The AG report details an expanded John Doe probe into a “broad range of Wisconsin Republicans,” a “John Doe III,” as described by the attorney general, that widened the scope of the so-called John Doe II investigation into dozens of right-of-center groups and scores of conservatives. Republican lawmakers, conservative talk show hosts, average citizens – even churches – were secretly monitored by the dark John Doe.
State Department of Justice investigators found hundreds of thousands of John Doe documents in the possession of the Government Accountability Board, long after they were ordered to be turned over to the Wisconsin Supreme Court.
The GAB, the state’s former “nonpartisan” speech cop and predecessor of the Ethics Commission, proved to be more partisan than originally suspected, the report found.
While the report is replete with criminal violations apparently committed by government bureaucrats and partisan prosecutors, Schimel said he could not issue charges in the illegal leaks. He said record-keeping and security at the old GAB and the Ethics Commission office were so sloppy that he cannot, beyond a shadow of a doubt, identify the leaker – although the report makes clear that the leaked documents more than likely came from within the GAB. Ethics Commission officials assert they cleaned up the security and record-keeping problems.

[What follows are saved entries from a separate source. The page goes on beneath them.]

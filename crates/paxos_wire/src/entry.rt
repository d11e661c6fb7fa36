use crate::ballot::Ballot;
use slot_log::Command;

/// What an acceptor accepted at a slot.
#[derive(Clone, Copy, Debug, PartialEq, Eq)]
pub struct Entry {
    /// Counted from 0.
    pub slot: u32,
    /// The ballot that it was accepted in.
    pub ballot: Ballot,
    /// What was accepted.
    pub command: Command,
}
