/// What is counted and seen during a run.
#[derive(Clone, Copy, Debug, PartialEq, Eq)]
pub struct Tally {
    /// Functions that were entered: at most the greatest `u64`.
    pub entered: u64,
    /// The input's end was met; it is not asked again.
    pub at_end: bool,
}
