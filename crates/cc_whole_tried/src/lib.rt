//! Programs and units of the whole small C, written as its texts: how a program runs, and whether a unit is valid. There are
//! tests alone, and each answer is worked out by hand.
#![tactic(auto)]

#[cfg(test)]
mod acts;
#[cfg(test)]
mod calls;
#[cfg(test)]
mod library;
#[cfg(test)]
mod memory;
#[cfg(test)]
mod outside;
#[cfg(test)]
mod reader;
#[cfg(test)]
mod statements;
#[cfg(test)]
mod trial;
#[cfg(test)]
mod validity;
#[cfg(test)]
mod values;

Schimel does recommend that the John Doe judge initiate contempt proceedings against nine John Doe investigation officers from the GAB, the Milwaukee County District Attorney’s office, and the special prosecutor, “to remedy violations of orders of the John Doe Judge and orders of the Wisconsin Supreme Court.” The attorney general said his recommendation is more “specifically outlined” in a separate letter to the John Doe judge.